Unit-5.1-Quality-Assurance-and-Figures-of-Merit

Quality Assurance Overview

  • Definition: Quality Assurance (QA) is a program that ensures the production of defensible data with known precision and accuracy in laboratory operations.

  • Purpose:

    • Real-time monitoring of chemical analyses in labs.

    • Control of systematic and random errors.

  • Key Assumptions: When under statistical control, results are bias-free and have defined confidence intervals.

  • Documentation: Defined in a QA manual containing policies, written procedures, work instructions, and records.

Key Components of Quality Assurance Program

1. Quality Control (QC)

  • Encompasses activities ensuring analyses are statistically controlled.

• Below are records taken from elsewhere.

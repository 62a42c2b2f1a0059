//! Where the stations of an internet are.

ghost use Rattle.std.specs.Prelude.{◌≡◌, ◌+◌, ◌≤◌, is_some, length, map, position};
ghost use Rattle.std.specs.Prelude.{IfOk, IsOkUnless};
ghost use Rattle.at_base.specs.Address as address_spec;
ghost use Rattle.at_base.specs.Range.{is_between};
ghost use Rattle.audit.specs.Routing.{owner};
ghost use Rattle.table_image.specs.Seats.{node_seats, port_seat, router_seats, seat_at, seats};
ghost use Rattle.image_stations.specs.Finding as spec;
ghost use Rattle.image_stations.specs.Finding.{spot_in};
ghost use Rattle.legal_runs.specs.Legs.{found_at};

use at_base::{Addr, Error, Hw};
use cable_model::{Found, HeldBy, Resolve};
use std::alloc::Global;
use std::marker::Model;
use table_image::{Cable, Directory, Image, Node, Port, Router};

/// A station on a cable. Stations and cables are numbered from 0.
#[derive(Clone, Copy, Debug, PartialEq, Eq)]
pub struct Spot {
    /// The station.
    pub station: u16,
    /// The cable.
    pub cable: u8,
    /// The hardware address of the station there.
    pub hardware: Hw,
}

/// Whether two addresses are equal.
fn same_address(a: Addr, b: Addr) -> bool
    ensures { result ≡ address_spec.same_address a b }
{
    a.net == b.net && a.node == b.node
}

/// Whether no cable is named, or this one is.
fn is_named(named: Option<u8>, cable: u8) -> bool
    ensures { result ≡ spec.is_named named cable }
{
    match named {
        None => true,
        Some(named) => cable == named,
    }
}

/// The first of a router's ports that has the address.
fn among_ports(router: u16, ports: &[Port], cable: Option<u8>, addr: Addr) -> Option<Spot>
    ensures { result ≡ spot_in (map (port_seat router) ports.now) cable addr }
{
    match ports {
        [] => None,
        [port, rest @ ..] => {
            if is_named(cable, port.cable) && same_address(port.address, addr) {
                Some(Spot {
                    station: router,
                    cable: port.cable,
                    hardware: port.hardware,
                })
            } else {
                among_ports(router, rest, cable, addr)
            }
        }
    }
}

/// The first port with the address, among the ports of routers that are numbered from `from` on.
#[tactic(auto, using(crate::proofs::Finding::found_first))]
fn among_routers(from: u16, routers: &[Router], cable: Option<u8>, addr: Addr) -> Option<Spot>
    requires few { from + length routers.now ≤ 200 }
    ensures { result ≡ spot_in (router_seats from routers.now) cable addr }
{
    match routers {
        [] => None,
        [router, rest @ ..] => {
            match among_ports(from, router.ports.as_slice(), cable, addr) {
                Some(spot) => Some(spot),
                None => among_routers(from + 1, rest, cable, addr),
            }
        }
    }
}

/// The first node with the address, among nodes whose stations are numbered from `from` on.
fn among_nodes(from: u16, nodes: &[Node], cable: Option<u8>, addr: Addr) -> Option<Spot>
    requires few { from + length nodes.now ≤ 400 }
    ensures { result ≡ spot_in (node_seats from nodes.now) cable addr }
{
    match nodes {
        [] => None,
        [node, rest @ ..] => {
            if is_named(cable, node.cable) && same_address(node.address, addr) {
                Some(Spot {
                    station: from,
                    cable: node.cable,
                    hardware: node.hardware,
                })
            } else {
                among_nodes(from + 1, rest, cable, addr)
            }
        }
    }
}

/// The first station that has the address, on this cable if one is named.
#[tactic(auto, using(crate::proofs::Finding::found_first, crate::proofs::Finding::found_later))]
fn spot_of(image: &Image, cable: Option<u8>, addr: Addr) -> Option<Spot>
    ensures { result ≡ spot_in (seats image.now) cable addr }
{
    let routers = image.routers();
    match among_routers(0, routers, cable, addr) {
        Some(spot) => Some(spot),
        None => among_nodes(routers.len() as u16, image.nodes(), cable, addr),
    }
}

/// The cable whose range holds the network.
fn home_of(cables: &[Cable], net: u16) -> Option<usize>
    ensures { result ≡ position (λ c. is_between c.start c.end net) cables.now }
{
    cables.iter().position(|c| c.start <= net && net <= c.end)
}

/// An internet and the places of its stations.
#[derive(Debug, Drop)]
pub struct Whereabouts {
    image: Image,
    directory: Directory,
}

impl Model for Whereabouts {
    ghost use Rattle.std.specs.Prelude.{◌≡◌};
    ghost use Rattle.table_image.specs.Directory.{directory as directory_of};
    ghost use Rattle.table_image.specs.Internet.{Internet};

    ghost Value = { Internet };

    ghost view = { λ w. w.image };

    ghost invariant = { λ w. w.directory ≡ directory_of w.image };
}

impl Whereabouts {
    /// The places of the stations of the image's internet. Error: `Memory`.
    pub fn of(alloc: Global, image: Image) -> Result<Whereabouts, Error>
        ensures ok { IfOk result (λ places. places ≡ image) }
        ensures refused { IsOkUnless result Error.Memory }
    {
        let directory = Directory::of(alloc, &image)?;
        Ok(Whereabouts { image, directory })
    }

    /// The image. Allocates nothing.
    pub fn image(&self) -> &Image
        ensures { result.now ≡ self.now }
    {
        &self.image
    }

    /// Whether a router has a port with the address on the cable. Allocates nothing.
    #[tactic(auto, using(crate::proofs::Finding::router_spot))]
    pub fn has_router(&self, cable: u8, addr: Addr) -> bool
        ensures { result ≡ is_some (owner self.now cable addr) }
    {
        let routers = self.image().routers();
        match spot_of(self.image(), Some(cable), addr) {
            Some(spot) => (spot.station as usize) < routers.len(),
            None => false,
        }
    }

    /// The first station that has the address. Allocates nothing.
    pub fn station(&self, addr: Addr) -> Option<u16>
        ensures { result ≡ spec.station_at self.now addr }
    {
        spot_of(self.image(), None, addr).map(|spot| spot.station)
    }

    /// Finds the station that has the address on a cable, among the stations of that cable only.
    fn find_on(&self, cable: u8, addr: Addr) -> Found
        ensures { result ≡ found_at (seat_at self.now cable addr) }
    {
        match self.directory.find(cable, addr) {
            Some(place) => Found::At(place.hardware),
            None => Found::Nobody,
        }
    }
}

impl Resolve for &Whereabouts {
    ghost use Rattle.std.specs.Prelude.{◌≡◌, None};
    ghost use Rattle.legal_runs.specs.Legs.{places_of};

    ghost finds = { λ w. (places_of w.now).finds };

    ghost lists = { λ w. (places_of w.now).lists };

    ghost holds = { λ w _ _ _ held after. (held ≡ record { shed = None; ask = None }) × (after ≡ w) };

    fn find(&self, cable: u8, addr: Addr) -> Found {
        self.find_on(cable, addr)
    }

    fn listed(&self, net: u16) -> bool {
        home_of(self.image().cables(), net).is_some()
    }

    // Every lookup is answered, so that no datagram is held.
    fn hold(&mut self, _cable: u8, _next: Addr, _stamp: u32) -> HeldBy {
        HeldBy {
            shed: None,
            ask: None,
        }
    }
}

  • Includes directives for laboratory operations (e.g., Good Laboratory Practices).

2. Quality Assessment (Method Validation)

  • Ensures QC measurements meet required standards and helps determine data quality.

    • Internal Methods: Immediate feedback on statistical control.

    • External Methods: Certification and accreditation requirements.

Quality Control Elements

  1. Initial Demonstration of Capability (IDC)

    • Analysts must prove method proficiency before analyzing samples.

    • Includes checks like reagent blanks and laboratory-fortified blanks.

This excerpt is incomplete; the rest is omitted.